Farro is a type of nutty grain that is rich in protein, fiber, magnesium and iron. Although it is not gluten free, it is definitely a healthy alternative to regular processed wheat. This hearty grain makes excellent salads. I tried my first farro salad in Italy this summer and I completely fell in love with it. This farro salad is my take on the Italian version. The crunchy pine nuts, fresh herbs and drizzle of balsamic vinaigrette is a perfect way to relish and enjoy it!
- 1.5 cup farro
- 1 cup asparagus diagonally chopped
- 1 zucchini cut into halves with skin
- 1 small eggplant cubed with skin
- 1 cup cherry tomatoes
- 2 garlic cloves
- 1 tsp salt
- crushed black pepper
- 3-4 tbsp of olive oil
- 10 basil leaves finely chopped
- 2 tbsp parsley finely chopped
- 2-3 tbsp lemon juice
- 1/2 cup pine nuts
- balsamic vinaigrette
- Wash and cook the farro with 3 cups of water and a pinch of salt, until tender.
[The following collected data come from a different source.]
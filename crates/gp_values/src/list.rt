//! Lists of atoms.

ghost use Rattle.std.specs.Prelude.{◌≡◌, ◌<◌, ◌↔◌, [], ◌∷◌, ◌++◌, IfOk, IfErr, OnOk, OnErr, IsTrue, vec_len, vec_capacity};
ghost use Rattle.gp_values.specs.Atoms.{AreAtoms};
ghost use Rattle.gp_values.specs.inside.Held.{held_atoms};

use crate::atom::Atom;
use gp_memory::NoMemory;
use std::alloc::Global;
use std::cmp::Ordering;
use std::marker::Model;
use std::mem;
use std::slice::from_ref;

// Where the atoms of a list are held: none and one take no memory of their own.
#[derive(Drop)]
pub(crate) enum Held {
    None,
    One(Atom),
    Many(Vec<Atom>),
}

/// A list of atoms, the value of a label. Contracts see the list of its atoms. A list of no atom or of one integer takes no
/// memory of its own.
pub struct List {
    held: Held,
    alloc: Global,
}

impl Drop for List {
    fn drop(self) {
        let List { held, alloc: _ } = self;
        drop(held);
    }
}

impl Model for List {
    ghost use Rattle.std.specs.Prelude.{List as Seq};
    ghost use Rattle.gp_values.specs.declared.atom.Atom.{Atom};

    ghost Value = { Seq Atom };

    ghost use Rattle.gp_values.specs.Atoms.{AreAtoms};
    ghost use Rattle.gp_values.specs.inside.Held.{held_atoms};

    ghost view = { λ a. held_atoms a.held };

    ghost invariant = { λ a. AreAtoms (held_atoms a.held) };
}

impl Held {
    // The atoms, in order.
    fn as_slice(&self) -> &[Atom]
        ensures { result.now ≡ held_atoms self.now }
    {
        match self {
            Held::None => &[],
            Held::One(atom) => from_ref(atom),
            Held::Many(atoms) => atoms.as_slice(),
        }
    }
}

// Puts an atom at the end, where there is a spare place.
fn push_spare(atoms: &mut Vec<Atom>, atom: Atom)
    requires { vec_len atoms.old < vec_capacity atoms.old }
    ensures { atoms.new.items ≡ atoms.old.items ++ atom ∷ [] }
{
    match atoms.push(atom) {
        Ok(()) => (),
        Err(_) => unreachable!(),
    }
}

// One atom in a vector with room for another, or, on refusal, as it was.
fn vector_of(alloc: Global, atom: Atom) -> Result<Vec<Atom>, Held>
    ensures ok { IfOk result (λ v. v.items ≡ atom ∷ []) }
    ensures err { IfErr result (λ h. held_atoms h ≡ atom ∷ []) }
{
    match Vec::with_capacity(alloc, 2) {
        Ok(mut atoms) => {
            push_spare(&mut atoms, atom);
            Ok(atoms)
        }
        Err(_) => Err(Held::One(atom)),
    }
}

// The atoms in a vector, or, on refusal, as they were.
fn in_vector(held: Held, alloc: Global) -> Result<Vec<Atom>, Held>
    ensures ok { IfOk result (λ v. v.items ≡ held_atoms held) }
    ensures err { IfErr result (λ h. held_atoms h ≡ held_atoms held) }
{
    match held {
        Held::None => Ok(Vec::new(alloc)),
        Held::One(atom) => vector_of(alloc, atom),
        Held::Many(atoms) => Ok(atoms),
    }
}

// Copies of these atoms, in a vector.
fn copy_all(alloc: Global, atoms: &[Atom]) -> Result<Vec<Atom>, NoMemory>
    ensures { IfOk result (λ v. v.items ≡ atoms.now) }
{
    let mut copies = Vec::with_capacity(alloc, atoms.len())?;
    for atom in atoms {
        copies.push(atom.copy(alloc)?)?;
    }
    Ok(copies)
}

impl List {
    /// The empty list. It takes no memory.
    pub fn new(alloc: Global) -> List
        ensures { result ≡ [] }
    {
        List {
            held: Held::None,
            alloc,
        }
    }

    /// Puts an atom at the end. On refusal the list is as before.
    pub fn push(&mut self, atom: Atom) -> Result<(), NoMemory>
        ensures ok { OnOk result (self.new ≡ self.old ++ atom ∷ []) }
        ensures err { OnErr result (self.new ≡ self.old) }
    {
        atom.told();
        if self.held.as_slice().is_empty() {
            self.held = Held::One(atom);
            return Ok(());
        }
        match in_vector(mem::replace(&mut self.held, Held::None), self.alloc) {
            Ok(mut atoms) => {
                let pushed = atoms.push(atom);
                self.held = Held::Many(atoms);
                pushed?;
                Ok(())
            }
            Err(held) => {
                self.held = held;
                Err(NoMemory)
            }
        }
    }

    /// The atoms, in order.
    pub fn atoms(&self) -> &[Atom]
        ensures value { result.now ≡ self.now }
        ensures in_range { AreAtoms self.now }
    {
        self.held.as_slice()
    }

    /// A copy of its own memory.
    pub fn copy(&self, alloc: Global) -> Result<List, NoMemory>
        ensures { IfOk result (λ v. v ≡ self.now) }
    {
        let held = match &self.held {
            Held::None => Held::None,
            Held::One(atom) => Held::One(atom.copy(alloc)?),
            Held::Many(atoms) => Held::Many(copy_all(alloc, atoms)?),
        };
        Ok(List { held, alloc })
    }

    /// Puts the atoms of another list behind those of this one. On refusal the list is as before.
    pub fn join(&mut self, other: &List) -> Result<(), NoMemory>
        ensures ok { OnOk result (self.new ≡ self.old ++ other.now) }
        ensures err { OnErr result (self.new ≡ self.old) }
    {
        let _in_range = other.atoms();
        if self.held.as_slice().is_empty() {
            *self = other.copy(self.alloc)?;
            return Ok(());
        }
        let mut tail = copy_all(self.alloc, other.atoms())?;
        match in_vector(mem::replace(&mut self.held, Held::None), self.alloc) {
            Ok(mut atoms) => {
                let joined = atoms.append(&mut tail);
                self.held = Held::Many(atoms);
                joined?;
                Ok(())
            }
            Err(held) => {
                self.held = held;
                Err(NoMemory)
            }
        }
    }

    /// Whether both have the same atoms in the same order.
    pub fn same(&self, other: &List) -> bool
        ensures { IsTrue result ↔ (self.now ≡ other.now) }
    {
        *self == *other
    }
}

impl PartialEq for List {
    ghost use Rattle.gp_values.specs.Atoms.{same_list};
    ghost use Rattle.gp_values.specs.inside.CompareLaws.{lists_per};

    ghost eq = { same_list };

    ghost laws = { lists_per };

    fn eq(&self, other: &List) -> bool {
        self.atoms() == other.atoms()
    }
}

impl Eq for List {
    ghost use Rattle.gp_values.specs.inside.CompareLaws.{lists_equiv};

    ghost laws = { lists_equiv };
}

impl PartialOrd for List {
    ghost use Rattle.std.specs.Prelude.{Some};
    ghost use Rattle.gp_values.specs.Compare.{list_cmp};
    ghost use Rattle.gp_values.specs.inside.CompareLaws.{lists_po};

    ghost partial_cmp = { λ v w. Some (list_cmp v w) };

    ghost laws = { lists_po };

    fn partial_cmp(&self, other: &List) -> Option<Ordering> {
        Some(self.cmp(other))
    }
}

// A list comes before each that it begins.
impl Ord for List {
    ghost use Rattle.std.specs.Prelude.{refl};
    ghost use Rattle.gp_values.specs.Compare.{list_cmp};
    ghost use Rattle.gp_values.specs.inside.CompareLaws.{list_cmp_total, list_cmp_ties};

    ghost cmp = { list_cmp };

    ghost total = { list_cmp_total };

    ghost matches_partial_cmp = { λ v w. refl };

    ghost matches_eq = { list_cmp_ties };

    fn cmp(&self, other: &List) -> Ordering {
        self.atoms().cmp(&other.atoms())
    }
}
- In the mean time, put all the vegetables, garlic, olive oil, salt and crushed black pepper in a oven proof dish and roast them on 350 degree F until tender about 15-20 minutes approximately.
- Once the farro and vegetables are cooked, gently toss them together with olive oil, salt, crushed black pepper, basil, parsley and lemon juice.
- Garnish with toasted pine nuts and a drizzle of balsamic vinegrette.